[Saved entries]
○ ○ ○ ○ ○ ○ ○
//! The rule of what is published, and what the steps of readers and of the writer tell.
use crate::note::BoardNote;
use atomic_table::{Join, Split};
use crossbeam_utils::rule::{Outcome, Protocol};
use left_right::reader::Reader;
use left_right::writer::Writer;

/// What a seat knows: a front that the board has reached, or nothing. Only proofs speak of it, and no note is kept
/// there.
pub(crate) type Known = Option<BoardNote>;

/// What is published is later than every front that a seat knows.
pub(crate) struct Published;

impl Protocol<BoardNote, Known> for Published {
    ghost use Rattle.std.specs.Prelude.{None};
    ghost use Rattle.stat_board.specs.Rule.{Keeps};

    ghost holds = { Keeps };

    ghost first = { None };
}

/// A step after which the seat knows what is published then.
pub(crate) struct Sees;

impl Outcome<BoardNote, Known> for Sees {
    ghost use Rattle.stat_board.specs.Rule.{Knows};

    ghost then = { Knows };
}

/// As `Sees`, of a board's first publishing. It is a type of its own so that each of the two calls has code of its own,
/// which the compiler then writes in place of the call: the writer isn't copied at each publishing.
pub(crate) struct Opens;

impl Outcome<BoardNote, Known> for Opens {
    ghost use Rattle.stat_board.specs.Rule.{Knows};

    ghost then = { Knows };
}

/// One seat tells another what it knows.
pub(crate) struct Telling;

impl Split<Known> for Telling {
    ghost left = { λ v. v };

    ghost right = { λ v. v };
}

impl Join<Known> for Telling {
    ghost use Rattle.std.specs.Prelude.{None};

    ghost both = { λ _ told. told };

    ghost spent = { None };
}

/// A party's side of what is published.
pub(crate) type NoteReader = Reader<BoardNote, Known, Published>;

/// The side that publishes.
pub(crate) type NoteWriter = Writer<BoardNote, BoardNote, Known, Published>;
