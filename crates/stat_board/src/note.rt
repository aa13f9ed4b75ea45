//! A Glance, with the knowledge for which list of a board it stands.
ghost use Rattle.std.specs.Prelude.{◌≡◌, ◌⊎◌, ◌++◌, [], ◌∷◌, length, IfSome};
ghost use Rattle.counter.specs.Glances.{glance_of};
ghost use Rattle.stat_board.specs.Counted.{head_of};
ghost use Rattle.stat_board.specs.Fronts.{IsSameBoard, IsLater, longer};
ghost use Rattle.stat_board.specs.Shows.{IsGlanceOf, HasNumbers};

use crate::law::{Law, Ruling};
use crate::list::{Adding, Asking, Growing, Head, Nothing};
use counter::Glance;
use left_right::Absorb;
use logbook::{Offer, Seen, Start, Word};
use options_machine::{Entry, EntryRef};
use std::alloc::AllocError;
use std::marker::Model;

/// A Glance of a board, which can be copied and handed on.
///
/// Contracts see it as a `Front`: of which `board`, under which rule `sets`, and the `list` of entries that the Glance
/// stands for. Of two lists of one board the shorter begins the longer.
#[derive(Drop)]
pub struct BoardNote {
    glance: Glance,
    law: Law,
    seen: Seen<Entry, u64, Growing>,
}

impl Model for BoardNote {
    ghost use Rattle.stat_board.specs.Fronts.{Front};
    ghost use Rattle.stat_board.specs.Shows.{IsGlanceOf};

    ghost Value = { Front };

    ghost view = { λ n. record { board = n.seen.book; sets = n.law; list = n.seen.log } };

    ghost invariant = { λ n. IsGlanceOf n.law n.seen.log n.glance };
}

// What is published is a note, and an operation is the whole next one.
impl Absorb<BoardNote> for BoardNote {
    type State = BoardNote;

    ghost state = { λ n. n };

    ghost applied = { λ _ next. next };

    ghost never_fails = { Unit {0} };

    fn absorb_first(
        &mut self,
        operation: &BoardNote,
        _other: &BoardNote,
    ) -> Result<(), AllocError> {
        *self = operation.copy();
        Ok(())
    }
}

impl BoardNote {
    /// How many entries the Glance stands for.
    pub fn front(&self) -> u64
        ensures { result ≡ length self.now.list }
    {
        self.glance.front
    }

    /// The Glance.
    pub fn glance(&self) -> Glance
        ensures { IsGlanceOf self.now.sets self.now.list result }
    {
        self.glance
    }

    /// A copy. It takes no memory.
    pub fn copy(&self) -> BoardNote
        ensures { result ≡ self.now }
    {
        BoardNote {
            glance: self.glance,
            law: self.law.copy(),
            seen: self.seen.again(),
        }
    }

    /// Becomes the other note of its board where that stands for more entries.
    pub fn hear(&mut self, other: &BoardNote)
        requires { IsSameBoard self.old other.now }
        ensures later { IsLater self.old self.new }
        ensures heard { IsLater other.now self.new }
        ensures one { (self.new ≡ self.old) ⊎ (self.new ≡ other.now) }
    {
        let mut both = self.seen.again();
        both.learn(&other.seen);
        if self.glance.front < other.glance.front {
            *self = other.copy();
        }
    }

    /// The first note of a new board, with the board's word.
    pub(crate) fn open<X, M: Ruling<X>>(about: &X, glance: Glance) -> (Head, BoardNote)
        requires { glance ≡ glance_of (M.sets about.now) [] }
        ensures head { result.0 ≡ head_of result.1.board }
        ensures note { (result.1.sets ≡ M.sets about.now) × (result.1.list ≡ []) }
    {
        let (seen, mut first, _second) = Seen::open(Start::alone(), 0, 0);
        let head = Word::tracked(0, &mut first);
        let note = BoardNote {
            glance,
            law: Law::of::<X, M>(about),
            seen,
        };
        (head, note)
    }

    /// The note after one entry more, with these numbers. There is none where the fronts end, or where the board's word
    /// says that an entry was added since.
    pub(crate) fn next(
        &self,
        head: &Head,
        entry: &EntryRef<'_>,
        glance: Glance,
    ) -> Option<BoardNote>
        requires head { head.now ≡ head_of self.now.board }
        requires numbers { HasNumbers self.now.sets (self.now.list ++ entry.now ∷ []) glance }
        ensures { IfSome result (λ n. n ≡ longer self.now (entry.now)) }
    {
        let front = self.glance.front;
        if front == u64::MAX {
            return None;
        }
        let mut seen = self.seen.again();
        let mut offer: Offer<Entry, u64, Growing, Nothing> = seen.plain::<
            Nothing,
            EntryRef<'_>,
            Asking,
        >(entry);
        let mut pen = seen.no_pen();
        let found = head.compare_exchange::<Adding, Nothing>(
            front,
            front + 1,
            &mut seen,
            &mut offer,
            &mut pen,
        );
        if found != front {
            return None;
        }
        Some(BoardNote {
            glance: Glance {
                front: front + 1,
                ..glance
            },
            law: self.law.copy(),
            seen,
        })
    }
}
○ ○ ○ ○ ○ ○ ○
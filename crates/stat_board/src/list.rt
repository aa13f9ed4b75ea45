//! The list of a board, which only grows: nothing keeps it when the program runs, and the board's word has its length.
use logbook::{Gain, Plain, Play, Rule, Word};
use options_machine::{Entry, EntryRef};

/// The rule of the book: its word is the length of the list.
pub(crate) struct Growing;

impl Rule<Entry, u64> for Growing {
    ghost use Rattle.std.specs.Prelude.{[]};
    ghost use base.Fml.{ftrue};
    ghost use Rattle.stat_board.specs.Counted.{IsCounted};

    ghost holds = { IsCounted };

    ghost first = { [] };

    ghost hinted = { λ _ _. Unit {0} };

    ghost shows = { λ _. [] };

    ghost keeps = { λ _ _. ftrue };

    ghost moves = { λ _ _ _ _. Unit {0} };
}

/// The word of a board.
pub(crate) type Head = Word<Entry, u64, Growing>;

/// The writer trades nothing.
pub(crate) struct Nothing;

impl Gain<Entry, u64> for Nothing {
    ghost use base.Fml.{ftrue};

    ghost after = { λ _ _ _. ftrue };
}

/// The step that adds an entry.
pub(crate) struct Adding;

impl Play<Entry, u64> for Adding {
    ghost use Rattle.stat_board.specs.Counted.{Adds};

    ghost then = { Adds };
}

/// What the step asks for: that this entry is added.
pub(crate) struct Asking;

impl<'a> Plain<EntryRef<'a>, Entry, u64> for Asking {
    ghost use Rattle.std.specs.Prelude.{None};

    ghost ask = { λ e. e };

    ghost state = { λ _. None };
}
○ ○ ○ ○ ○ ○ ○
ASSIGNMENT :: Could you return the lines in the entries above that contain "Sees"?

EXPECTED ANSWER ::
pub(crate) struct Sees;
impl Outcome<BoardNote, Known> for Sees {
/// As `Sees`, of a board's first publishing. It is a type of its own so that each of the two calls has code of its own,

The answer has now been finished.